Харли еще помнит его после таких электрошоковых терапий. И его нервный тик, и окровавленные десны. И надрывистый смех, хриплый и кашляющий. Она сейчас точно такая же.
Разодранная в клочья и все без помощи ножей.
Джокер вскрывает ее изнутри, прожаривая мозги.
Воспоминания дрожат и наслаиваются друг на друга, превращаясь в голоса, которые кричат-вопят-стонут-смеются, и все они точь-в-точь как Джокер. Она слышит его даже в своей голове.
— Мало-мало-мало, — Джокер раздосадованно качает головой, — ты слишком крепкая. Добавим-ка мы тебе еще. Са-а-амую крошечку.
Ручка аппарата щелкает, застывая на максимальной отметке.
— А теперь посмотрим, какая ты на самом деле, — он скалит зубы и подмигивает Харли, как раз перед тем, как на глаза падает плотная пелена тьмы и покоя.
***
Теперь она может видеть его настоящего. Джокер не больше и не меньше, чем божество. От него тянет болью и кровью, и этот запах Харли теперь может учуять за милю. Облако меди и ярости окружает его и возвышает над остальным миром.
— Добро пожаловать, тыковка, — он отвязывает кожаные ремни, намертво пристегнувшие ее к каталке. Ремни в крови, а под ними свежие ссадины. Наверное, она поранилась во время шока, но этого Харли больше не помнит. И боли она тоже не чувствует.
Что такое боль? Ничто, рядом с ее мистером Джеем.
Он помогает ей подняться, и она кривится, пытаясь вспомнить, как сюда попала. Кажется… Но в голове слишком мало мыслей, и те спутанные. Они что-то бормочут о пистолетах и погоне.
И о том, что теперь они вместе. Наконец.
— Мой пирожочек, — выплывает из клубка воспоминаний одно. Он ее самый сладкий пирожочек, и это прозвище его не раздражает.

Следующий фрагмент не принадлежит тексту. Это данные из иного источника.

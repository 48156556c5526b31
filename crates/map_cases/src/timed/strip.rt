//! The space that is searched: a strip of cells, each reached with several amounts that are due.

ghost use Rattle.std.specs.Prelude.{◌≡◌, ◌<◌, ◌≤◌, ◌^◌};
ghost use Rattle.map_cases.specs.Strip.{ahead, back, neighbour};

use space_search::{Point, Space};
use std::alloc::AllocError;

/// Cells in rows of one width, one row behind the other. So many starts lie in the first cell, each
/// with more due and at less cost than the one before, and each cell has so many steps: 0 goes a
/// cell ahead, 1 a row ahead, 2 a cell back, and any other a row back.
/// Where it is `superseding`, it says of each label which older ones it makes needless in the
/// covering test; else it never says so.
#[derive(Drop)]
pub struct Strip {
    cells: u32,
    width: u32,
    starts: u32,
    steps: u32,
    superseding: bool,
    ghost some: { 0 < cells },
    ghost starts_small: { starts < 2 ^ 32 },
    ghost steps_small: { steps < 2 ^ 32 },
}

impl Strip {
    /// The strip of so many cells.
    pub fn new(cells: u32, width: u32, starts: u32, steps: u32, superseding: bool) -> Strip
        requires some { 0 < cells }
        ensures cells { result.cells ≡ cells }
        ensures width { result.width ≡ width }
        ensures starts { result.starts ≡ starts }
        ensures steps { result.steps ≡ steps }
    {
        Strip {
            cells,
            width,
            starts,
            steps,
            superseding,
        }
    }

    /// The cell to which the step of a number leads.
    fn neighbour(&self, number: u32, place: u32) -> Option<u32>
        requires within { place < self.now.cells }
        ensures value { result ≡ neighbour self.now.cells self.now.width number place }
    {
        match number {
            0 => ahead(self.cells, 1, place),
            1 => ahead(self.cells, self.width, place),
            2 => back(1, place),
            _ => back(self.width, place),
        }
    }
}

/// The cell so many cells ahead.
fn ahead(cells: u32, by: u32, place: u32) -> Option<u32>
    requires within { place < cells }
    ensures value { result ≡ ahead cells by place }
{
    if by < cells - place {
        Some(place + by)
    } else {
        None
    }
}

/// The cell so many cells back.
fn back(by: u32, place: u32) -> Option<u32>
    ensures value { result ≡ back by place }
{
    place.checked_sub(by)
}

impl Space for Strip {
    ghost use Rattle.map_cases.specs.Strip.{strip_rules};
    ghost use Rattle.map_cases.specs.StripLaws.{strip-keeps_laws};

    type State = (u32, u32);

    type Bounds = ();

    ghost AreBounds = { λ _ _. Unit {0} };

    ghost rules = { λ s. strip_rules s.cells s.width s.starts s.steps };

    ghost keeps_laws = { λ s. strip-keeps_laws s.cells s.width s.starts s.steps
        s.some s.starts_small s.steps_small };

    fn slots(&self) -> u32 {
        self.cells
    }

    fn slot(&self, state: &(u32, u32)) -> u32 {
        state.0
    }

    fn starts(&self) -> u32 {
        self.starts
    }

    fn start(&self, number: u32) -> Option<((u32, u32), u128)> {
        Some(((0, number), (self.starts - number) as u128))
    }

    fn steps(&self, _state: &(u32, u32)) -> u32 {
        self.steps
    }

    fn step(&self, state: &(u32, u32), number: u32) -> Option<((u32, u32), u128)> {
        let place = self.neighbour(number, state.0)?;
        Some(((place, state.1), number as u128 + 1))
    }

    fn goal(&self, _state: &(u32, u32)) -> bool {
        false
    }

    fn covers(&self, a: &(u32, u32), ca: u128, b: &(u32, u32), cb: u128) -> bool {
        a.0 == b.0 && a.1 <= b.1 && ca <= cb
    }

    fn point(&self, state: &(u32, u32), cost: u128) -> Point {
        Point {
            x: state.1 as i128,
            y: cost as i128,
            z: 0,
        }
    }

    fn supersedes(&self, a: &(u32, u32), _ca: u128, b: &(u32, u32), _cb: u128) -> bool {
        self.superseding && a.0 == b.0 && a.1 <= b.1
    }

    fn low(&self, _bounds: &mut (), _state: &(u32, u32)) -> Result<Option<u128>, AllocError> {
        Ok(Some(0))
    }
}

— Да, тыковка, — его рука замыкается на запястье Харли и тащит за собой.
— Видишь? — он подтаскивает ее к самому парапету, под которым пустота и чаны с кислотой, источающие чудесный запах яда. — Вот оно. Да-да-да, оно самое. Ты же хочешь быть со мной всегда?
— Конечно, — Харли согласна на все. Этот жуткий пейзаж, состоящий из ржавых останков и бурлящих озер токсинов, возбуждает ее. Он так подходит Джокеру, именно таким и должен быть его личный мирок. Старый как само время. И вгрызающийся в него, пожирая.
— И ты на все готова? Даже умереть?
Почему-то даже смерть кажется полным пустяком. Особенно сейчас, когда Харли помнит поцелуй Джокера. Это та вещь, за которую ничего не жалко.
— Да, — серьезно кивает она, а пальцы судорожно дергаются. Как будто ей очень нужно до него дотронуться. Хотя это все электрошок. Из-за него во рту полно соли от прокушенной губы. И язык как немой. — Да! — повторяет она, на всякий случай, вдруг он не услышал.
— Агррх, — для Джокера это все скучно. — Нет, все не так, не так, не так… Ты так легко соглашаешься, будто у тебя мозгов больше не осталось, — он хмурится, как будто ему не нравится такой ответ. — Подумай хорошенько. Ты согласна жить ради меня? Только. Ради. Меня.
В этом нет ничего ужасного. Жить ради своего божества?
Харли кивает, а затем отступает назад, оказываясь на самом краешке, уже чувствуя под пятками пустоту. Она балансирует на самой грани, ожидая его решения. Она с легкостью сделает все, что он прикажет. Но Джокер ждет.
Он смотрит на нее, а в глазах пляшет темнота напополам с зеленцой, той самой, что кипит сейчас внизу, расползаясь ядовитым дымом в чане.
Она должна решить все сама.
Хотя Харли уже все решила.
Она откидывается назад, напрягая тело, и в ушах гудит воздух, а затем ее облепливает яд, заливаясь в уши, ноздри и рот. Она тонет в нем, опускаясь на дно чана, и в голове бьется только одна мысль, последняя из тех, что остаются ясными все время — я сделала это для тебя. Видишь, я готова на все.
Джокер приходит за нею. Он падает следом, и первое, что чувствует Харли, переродившись, это его поцелуй. Он отдает ей свой воздух, перегоняя из своего горла в ее, заполненное странной кислотой. Он сжимает ее с такой силой, словно собрался раздавить в своих руках.
Жидкость стекает с его белого лица, белого как лист бумаги и такого же чистого от прочих эмоций. Теперь остаются только он и она.